Following a prolonged period when US politics has been centre stage, all eyes have been on the French election in recent weeks. Investors breathed a sigh of relief following Macron’s victory in the first round of voting and this was ratified when he became President on the 7th of May, receiving two thirds of the vote in the run-off against Marine Le Pen.
However, just when we thought that politics may take a back seat over the summer, Theresa May called a snap General Election for the 8th of June. UK focused areas of the stockmarket rallied on the news with the belief being that a greater majority for the Conservative party may help a more stable negotiation backdrop for Brexit.
The effect on currency movements was highlighted over the month as there was a recovery in sterling, particularly against the weakening dollar. The pound strengthened by over 3% against the dollar and the yen, and 1% against the euro. The effect being negative for UK investors with overseas equity exposure, as the gain of the MSCI World Index translated into a loss of nearly 2% in sterling terms.
Sell In May and Go Away?
It is the time of year for this old adage to be trotted out again and for clients to ask – Should I Stay or Should I Go? Our default position is that we don’t believe that looking at a calendar provides a good way to formulate investment strategy. The chart below details the performance of the UK stockmarket during the period of 1st May to St Leger Day over the past ten years and it shows that whilst investors may have avoided periods of volatility they would also have missed out on periods of material gains.
St Leger Day Return from 1st May
2016 certainly reaffirmed that such short-term market timing is a thankless task. For many it may have seemed to be the perfect year to sell your UK share portfolio in May and hold monies in cash until the fallout from the referendum settleddown. However, had you sold on the 1st May of and reinvested after St Leger day you would have missed out on a remarkable return of just under 10%.
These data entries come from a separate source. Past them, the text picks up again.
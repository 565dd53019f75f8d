// What is found in the payloads of a journal.
ghost use Rattle.std.specs.Prelude.{◌≡◌, ◌+◌, false, ℕ, List, None, Some, IfOk, IfErr, IfSome, OnOk, length};
ghost use Rattle.std.specs.List.{AllByRecursion};
ghost use Rattle.std.specs.declared.result.Result.TheVariants.{Ok};
ghost use Rattle.tx_journal.specs.Calls.{told};
ghost use Rattle.tx_journal.specs.File.{Image};
ghost use Rattle.tx_journal.specs.Pair.{Files, Holds};
ghost use Rattle.placement_node.specs.Found.{after_payload, rooms_found, first_offset, read_error, IsFault, IsPayloadError};
ghost use Rattle.placement_node.specs.Openings.{IsNodeError, NodeCosts};
ghost use Rattle.placement_core.specs.Readings.{entries_of};
ghost use Rattle.placement_payloads.specs.Payloads.{entry};
ghost use Rattle.placement_node.specs.Ranges.{RoomsFit};
ghost use Rattle.placement_node.specs.Records.{record_in, spelled_entry, ReadsRecord};

use crate::error::PlacementOpenError;
use disk_model::Disk;
use placement_core::{PlacementRecord, PlacementReplay, SpaceRecord};
use placement_payloads::{PayloadError, RoomEntry, read_payload};
use std::alloc::Global;
use tx_journal::{Journal, JournalError};

// More payloads than a journal has room for.
const MOST_PAYLOADS: u64 = 1 << 30;

// The offset of a file's first payload.
const FIRST_OFFSET: u64 = 13;

// The entries of the record of which these bytes are the payload.
fn read_entries(alloc: Global, payload: &[u8]) -> Result<PlacementRecord, PayloadError>
    ensures { ReadsRecord result (record_in payload.now) }
{
    let read = read_payload(alloc, payload)?;
    let mut entries = Vec::with_capacity(alloc, read.len())?;
    for one in read {
        let RoomEntry { space, change } = one;
        entries.push(SpaceRecord { space, change })?;
    }
    Ok(PlacementRecord { entries })
}

// The record of which these bytes are the payload. Whatever was read can be written.
fn read_record(alloc: Global, payload: &[u8]) -> Result<PlacementRecord, PayloadError>
    ensures reads { ReadsRecord result (record_in payload.now) }
    ensures fits { IfOk result (λ r. AllByRecursion (λ e. entry.Fits (spelled_entry e)) (entries_of r)) }
{
    read_entries(alloc, payload)
}

// Follows the record of a payload.
fn follow_payload(
    alloc: Global,
    replay: &mut PlacementReplay,
    payload: &[u8],
    index: u64,
    offset: u64,
) -> Result<(), PlacementOpenError>
    requires { RoomsFit replay.old }
    ensures fits { OnOk result (RoomsFit replay.new) }
    ensures followed { OnOk result (after_payload index offset replay.old (record_in payload.now) ≡ Ok replay.new) }
    ensures refused { IfErr result (λ e. IsFault e (after_payload index offset replay.old (record_in payload.now))) }
    ensures errors { IfErr result IsPayloadError }
{
    let one = match read_record(alloc, payload) {
        Ok(one) => one,
        Err(PayloadError::NoReading) => {
            return Err(PlacementOpenError::Journal {
                error: JournalError::Damaged { offset },
            });
        }
        Err(PayloadError::OutOfMemory) => {
            return Err(PlacementOpenError::Journal {
                error: JournalError::OutOfMemory,
            });
        }
    };
    if !replay.follow(&one)? {
        return Err(PlacementOpenError::BadRecord { index, offset });
    }
    Ok(())
}

// The offset of the payload behind one of so many bytes; `None` above 2^64 - 1.
fn next_offset(offset: u64, len: usize) -> Option<u64>
    ensures { IfSome result (λ next. next ≡ offset + 5 + len) }
{
    offset.checked_add(5)?.checked_add(len as u64)
}

// Why a payload wasn't read: the disk failed, or memory ran out.
fn read_error(error: JournalError) -> PlacementOpenError
    ensures { result ≡ read_error error }
{
    PlacementOpenError::Journal {
        error: match error {
            JournalError::DiskFault => JournalError::DiskFault,
            _ => JournalError::OutOfMemory,
        },
    }
}

/// Follows the records of all payloads of a journal, in their order.
pub(crate) fn follow_all<D: Disk>(
    alloc: Global,
    journal: &mut Journal<D>,
    replay: &mut PlacementReplay,
) -> Result<(), PlacementOpenError>
    requires works { journal.old.is_broken ≡ false }
    requires alone { journal.old.other ≡ None }
    requires fits { RoomsFit replay.old }
    ensures fits { OnOk result (RoomsFit replay.new) }
    ensures found { OnOk result ((files : Files) → told journal.old ≡ Some files → (held : Image) → Holds held files → rooms_found 0 first_offset replay.old held.payloads ≡ Ok replay.new) }
    ensures refused { IfErr result (λ e. (files : Files) → told journal.old ≡ Some files → (held : Image) → Holds held files → IsFault e (rooms_found 0 first_offset replay.old held.payloads)) }
    ensures same { journal.new ≡ record journal.old { live = record { told = journal.old.live.told; faults = journal.new.live.faults }; is_broken = journal.new.is_broken } }
    ensures works { OnOk result (journal.new.is_broken ≡ false) }
    ensures errors { IfErr result IsNodeError }
    ensures cause { NodeCosts journal.old.live.faults journal.new.live.faults result }
{
    let mut offset = FIRST_OFFSET;
    for index in 0..=MOST_PAYLOADS {
        let payload = match journal.replay(alloc, index) {
            Ok(Some(payload)) => payload,
            Ok(None) => return Ok(()),
            Err(error) => return Err(read_error(error)),
        };
        follow_payload(alloc, replay, payload.as_slice(), index, offset)?;
        let Some(next) = next_offset(offset, payload.len()) else {
            return Err(PlacementOpenError::Journal {
                error: JournalError::OutOfMemory,
            });
        };
        offset = next;
    }
    Err(PlacementOpenError::Journal {
        error: JournalError::OutOfMemory,
    })
}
This year, we are sure that the historically high market levels may concern people, given the continued global economic and political uncertainty. However, as cash and bond yields remain at historically low levels the potential return from equities continue to look attractive in our view. Valuations on many measures do not look stretched and maintaining equity weightings seems a sensible strategy for long-term investors. However, whilst UK markets are currently ‘making hay while the sun shines’, it is important to not become complacent. Although we are not advocates of market timing to guess short-term market trends, it is always prudent to take some profit after a period of strong performance. Investors worried about the current market level as an entry point could consider drip feeding monies into the market, whilst we believe that the best way to manage risk is having a well-diversified portfolio across different markets and asset classes.